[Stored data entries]
<<<<

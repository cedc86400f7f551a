// A transaction is committed.
ghost use Rattle.std.specs.Prelude.{◌≡◌, ◌⊎◌, ◌+◌, ◌<◌, ◌≤◌, ◌++◌, ◌∷◌, [], ℕ, List, IfOk, OnOk, IfErr, Option};
ghost use Rattle.site.specs.declared.outside.Dev.{Dev};
ghost use Rattle.site.specs.declared.outside.Stop.{Stop};
ghost use Rattle.site.specs.Calls.{SameReads};
ghost use Rattle.record_model.specs.State.{Content, table_with};
ghost use Rattle.log_records.specs.declared.log_record.LogRecord.{LogRecord};
ghost use Rattle.log_records.specs.Log.{Entry};
ghost use Rattle.log_laws.specs.Follow.{writes_in};
ghost use Rattle.log_store.specs.Representation.{end_of};
ghost use Rattle.checkpoint.specs.declared.master.Master.{Master};
ghost use Rattle.image_meaning.specs.Moments.{LeavesEitherFor};
ghost use Rattle.redo_laws.specs.Committing.{MayCommit};
ghost use Rattle.redo_laws.specs.Running.{History};
ghost use Rattle.redo_laws.specs.Waiting.{LeavesSome};
ghost use Rattle.redo_undo.specs.Stores.{MayLog, MayWork, Holds, HasNext, Represents, sizes_of};
ghost use Rattle.redo_undo.specs.StoreCalls.{KeepsInvariant, Keeps};
ghost use Rattle.redo_undo.specs.Mirroring.{PerformsStore, commit_work, force_work};
ghost use Rattle.ring_machine.specs.Commands.{commits as commits_work};
ghost use Rattle.redo_laws.specs.MachineSteps.{StepsMachine};

use crate::forcing::force;
use crate::logging::log_record;
use crate::store::TransactionStore;
use log_records::LogRecord;
use site::{Site, Stop};

impl TransactionStore {
    /// Logs the Commit of a transaction, which waits for its seal. Answers the Commit's LSN.
    pub fn log_commit<S: Site>(&mut self, site: &mut S, txn: u64, number: u64) -> Result<u64, Stop>
        requires may { MayLog self.old (S.state site.old) }

        // Of an honest site whose log and pages hold these records: it is one commit more, after which the history has
        // the table with the transaction's writes.
        ensures holds { (newest : Option Master) (records : List Entry) (history : History)
            → Holds self.old (S.state site.old) newest records history
            → MayCommit newest records txn number history.commits
            → history.tables (history.commits + 1)
            ≡ table_with (history.tables history.commits) (writes_in txn records)
            → IfOk result (λ lsn. Holds self.new (S.state site.new) newest
            (records ++ record { lsn = lsn; rec = LogRecord.Commit txn number } ∷ [])
            (record history { commits = history.commits + 1 })) }
        ensures keeps { (newest : Option Master) (records : List Entry) (history : History)
            → Holds self.old (S.state site.old) newest records history
            → Keeps result self.old self.new (S.state site.old) (S.state site.new)
            (LeavesSome (sizes_of self.old) history (S.state site.old).told) 1 0 }
        ensures performs { (newest : Option Master) (records : List Entry) (history : History)
            → Holds self.old (S.state site.old) newest records history
            → PerformsStore result commit_work self.old self.new (S.state site.old) (S.state site.new) }
        ensures next { (newest : Option Master) (records : List Entry) (history : History)
            → Holds self.old (S.state site.old) newest records history
            → OnOk result (HasNext self.new (S.state site.new)) }

        // Of every site.
        ensures works { KeepsInvariant result self.old self.new (S.state site.old) (S.state site.new) 1 }
        ensures rises { IfOk result (λ lsn. (end_of self.old.log ≤ lsn) × (lsn < end_of self.new.log)) }
        ensures reads { SameReads (S.state site.old) (S.state site.new) }
        ensures pages { self.new.pages ≡ self.old.pages }
        ensures asks { StepsMachine result ([]) self.old.pages self.new.pages
            (S.state site.old) (S.state site.new) }
        ensures stops { IfErr result (λ stop. (stop ≡ Stop.Device Dev.Log) ⊎ (stop ≡ Stop.Worn Dev.Log)) }
    {
        match log_record(site, &mut self.log, &LogRecord::Commit { txn, number }) {
            Ok(lsn) => {
                self.made += 1;
                Ok(lsn)
            }
            Err(stop) => Err(stop),
        }
    }

    /// Seals what the log's tail has: no commit waits any more.
    pub fn seal<S: Site>(&mut self, site: &mut S) -> Result<(), Stop>
        requires going { MayWork self.old (S.state site.old) }

        // Of an honest site whose log and pages hold these records.
        ensures holds { (newest : Option Master) (records : List Entry) (history : History)
            → Holds self.old (S.state site.old) newest records history
            → OnOk result (Represents self.new (S.state site.new) newest records (history.tables history.commits)
            history.commits) }
        ensures keeps { (newest : Option Master) (records : List Entry) (history : History)
            → Holds self.old (S.state site.old) newest records history
            → Keeps result self.old self.new (S.state site.old) (S.state site.new)
            (LeavesSome (sizes_of self.old) history (S.state site.old).told) 0 0 }
        ensures performs { HasNext self.old (S.state site.old)
            → PerformsStore result force_work self.old self.new (S.state site.old) (S.state site.new) }

        // Of every site.
        ensures works { KeepsInvariant result self.old self.new (S.state site.old) (S.state site.new) 0 }
        ensures sealed { OnOk result (self.new.log.used ≡ 2) }
        ensures reads { SameReads (S.state site.old) (S.state site.new) }
        ensures pages { self.new.pages ≡ self.old.pages }
        ensures asks { StepsMachine result ([]) self.old.pages self.new.pages
            (S.state site.old) (S.state site.new) }
        ensures stops { IfErr result (λ stop. (stop ≡ Stop.Device Dev.Log) ⊎ (stop ≡ Stop.Worn Dev.Log)) }
    {
        match force(site, &mut self.log) {
            Ok(()) => Ok(()),
            Err(stop) => Err(stop),
        }
    }

    /// Logs the Commit of a transaction, and seals it: then the transaction is committed. Answers the Commit's LSN.
    pub fn commit<S: Site>(&mut self, site: &mut S, txn: u64, number: u64) -> Result<u64, Stop>
        requires may { MayLog self.old (S.state site.old) }

        // Of an honest site whose log and pages hold these records.
        ensures holds { (newest : Option Master) (records : List Entry) (table : List Content) (commits : ℕ)
            → Represents self.old (S.state site.old) newest records table commits
            → MayCommit newest records txn number commits
            → IfOk result (λ lsn. Represents self.new (S.state site.new) newest
            (records ++ record { lsn = lsn; rec = LogRecord.Commit txn number } ∷ [])
            (table_with table (writes_in txn records)) (commits + 1)) }
        ensures keeps { (newest : Option Master) (records : List Entry) (table : List Content) (commits : ℕ)
            → Represents self.old (S.state site.old) newest records table commits
            → MayCommit newest records txn number commits
            → Keeps result self.old self.new (S.state site.old) (S.state site.new)
            (LeavesEitherFor (sizes_of self.old) table (table_with table (writes_in txn records)) commits
            (S.state site.old).told) 1 0 }
        ensures performs { (newest : Option Master) (records : List Entry) (table : List Content) (commits : ℕ)
            → Represents self.old (S.state site.old) newest records table commits
            → PerformsStore result commits_work self.old self.new (S.state site.old) (S.state site.new) }

        // Of every site.
        ensures works { KeepsInvariant result self.old self.new (S.state site.old) (S.state site.new) 1 }
        ensures rises { IfOk result (λ lsn. (end_of self.old.log ≤ lsn) × (lsn < end_of self.new.log)) }
        ensures reads { SameReads (S.state site.old) (S.state site.new) }
        ensures asks { StepsMachine result ([]) self.old.pages self.new.pages
            (S.state site.old) (S.state site.new) }
        ensures stops { IfErr result (λ stop. (stop ≡ Stop.Device Dev.Log) ⊎ (stop ≡ Stop.Worn Dev.Log)) }
    {
        let lsn = match self.log_commit(site, txn, number) {
            Ok(lsn) => lsn,
            Err(stop) => return Err(stop),
        };
        match self.seal(site) {
            Ok(()) => Ok(lsn),
            Err(stop) => Err(stop),
        }
    }
}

>>>>

- _Task statement_:
Take each line above that contains "number" and copy it out.

- _Result for this exercise_:
    pub fn log_commit<S: Site>(&mut self, site: &mut S, txn: u64, number: u64) -> Result<u64, Stop>
            → MayCommit newest records txn number history.commits
            (records ++ record { lsn = lsn; rec = LogRecord.Commit txn number } ∷ [])
        match log_record(site, &mut self.log, &LogRecord::Commit { txn, number }) {
    pub fn commit<S: Site>(&mut self, site: &mut S, txn: u64, number: u64) -> Result<u64, Stop>
            → MayCommit newest records txn number commits
            (records ++ record { lsn = lsn; rec = LogRecord.Commit txn number } ∷ [])
            → MayCommit newest records txn number commits
        let lsn = match self.log_commit(site, txn, number) {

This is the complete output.